Your objective
Copy all lines in the data that contain the string "counts".

(Stored items)
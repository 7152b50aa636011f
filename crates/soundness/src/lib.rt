// Sound states stay sound, refused calls change nothing, and the first of the best level runs: the statements stand in specs/.
// No code stands here: the proofs in proofs/ rest on the definitions of model, the laws of laws and what a call does by ways.

#![tactic(auto)]
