// The plans of the services on semaphores.
// Each function is a definition of model/specs/Service, for every value, and takes what that takes, one by one: a struct would be made
// for each; it rests on checks and records.
#![tactic(auto)]

ghost use Rattle.std.specs.Prelude.{◌≡◌};
ghost use Rattle.checks.specs.Gate.{plan_of, IsDecision};
ghost use Rattle.model.specs.Service.{sem_create, sem_delete, signal, acquire, polling};

use checks::{checked, counts, does, is_maximum, is_semaphore, is_timeout, moves, pending};
use model::{Code, Effect, Plan, Semaphore, Task};
use records::waits::on_semaphore;
use records::{SERVED, ended, waiting};

#[tactic(auto, unfolding(checks::specs::Gate::gate, model::specs::Plan::within, model::specs::Service::sem_create))]
pub fn sem_create(
    mine: bool,
    semaphore: u32,
    start: u32,
    maximum: u32,
    x: Semaphore,
) -> Result<Plan, Code>
    ensures plan { plan_of result ≡ sem_create mine semaphore start maximum x }
    ensures decision { IsDecision result }
{
    checked(
        is_semaphore(semaphore) && is_maximum(maximum) && start <= maximum && x.maximum == 0,
        true,
        mine,
    )?;
    Ok(counts(semaphore as u8, start, maximum))
}

#[tactic(auto, unfolding(checks::specs::Gate::gate, model::specs::Plan::within, model::specs::Service::sem_delete))]
pub fn sem_delete(mine: bool, semaphore: u32, x: Semaphore) -> Result<Plan, Code>
    ensures plan { plan_of result ≡ sem_delete mine semaphore x }
    ensures decision { IsDecision result }
{
    checked(is_semaphore(semaphore), x.maximum != 0, mine)?;
    Ok(does(Effect::Deletes {
        semaphore: semaphore as u8,
    }))
}

// k is the record of the first waiter.
#[tactic(auto, unfolding(checks::specs::Gate::gate, model::specs::Plan::within, model::specs::Service::signal))]
pub fn signal(mine: bool, semaphore: u32, k: Task, x: Semaphore) -> Result<Plan, Code>
    ensures plan { plan_of result ≡ signal mine semaphore k x }
    ensures decision { IsDecision result }
{
    checked(is_semaphore(semaphore), x.maximum != 0, mine)?;
    let Semaphore {
        count,
        maximum,
        first,
    } = x;
    if first != 0 {
        return Ok(moves(first, ended(k, SERVED, 0)));
    }
    if count >= maximum {
        return Err(Code::Overflow);
    }
    Ok(counts(semaphore as u8, count + 1, maximum))
}

#[tactic(auto, unfolding(checks::specs::Gate::gate, model::specs::Plan::within, model::specs::Service::acquire))]
pub fn acquire(
    mine: bool,
    semaphore: u32,
    timeout: u32,
    run: u8,
    k: Task,
    x: Semaphore,
) -> Result<Plan, Code>
    ensures plan { plan_of result ≡ acquire mine semaphore timeout run k x }
    ensures decision { IsDecision result }
{
    checked(
        is_semaphore(semaphore) && is_timeout(timeout),
        x.maximum != 0,
        mine,
    )?;
    if run == 0 {
        return Err(Code::WContext);
    }
    let m = semaphore as u8;
    if x.count == 0 {
        return Ok(pending(run, waiting(k, on_semaphore(m, timeout))));
    }
    Ok(counts(m, x.count - 1, x.maximum))
}

#[tactic(auto, unfolding(checks::specs::Gate::gate, model::specs::Plan::within, model::specs::Service::polling))]
pub fn polling(mine: bool, semaphore: u32, x: Semaphore) -> Result<Plan, Code>
    ensures plan { plan_of result ≡ polling mine semaphore x }
    ensures decision { IsDecision result }
{
    checked(is_semaphore(semaphore), x.maximum != 0, mine)?;
    if x.count == 0 {
        return Err(Code::Timeout);
    }
    Ok(counts(semaphore as u8, x.count - 1, x.maximum))
}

Written solution
use checks::{checked, counts, does, is_maximum, is_semaphore, is_timeout, moves, pending};
    Ok(counts(semaphore as u8, start, maximum))
    Ok(counts(semaphore as u8, count + 1, maximum))
    Ok(counts(m, x.count - 1, x.maximum))
    Ok(counts(semaphore as u8, x.count - 1, x.maximum))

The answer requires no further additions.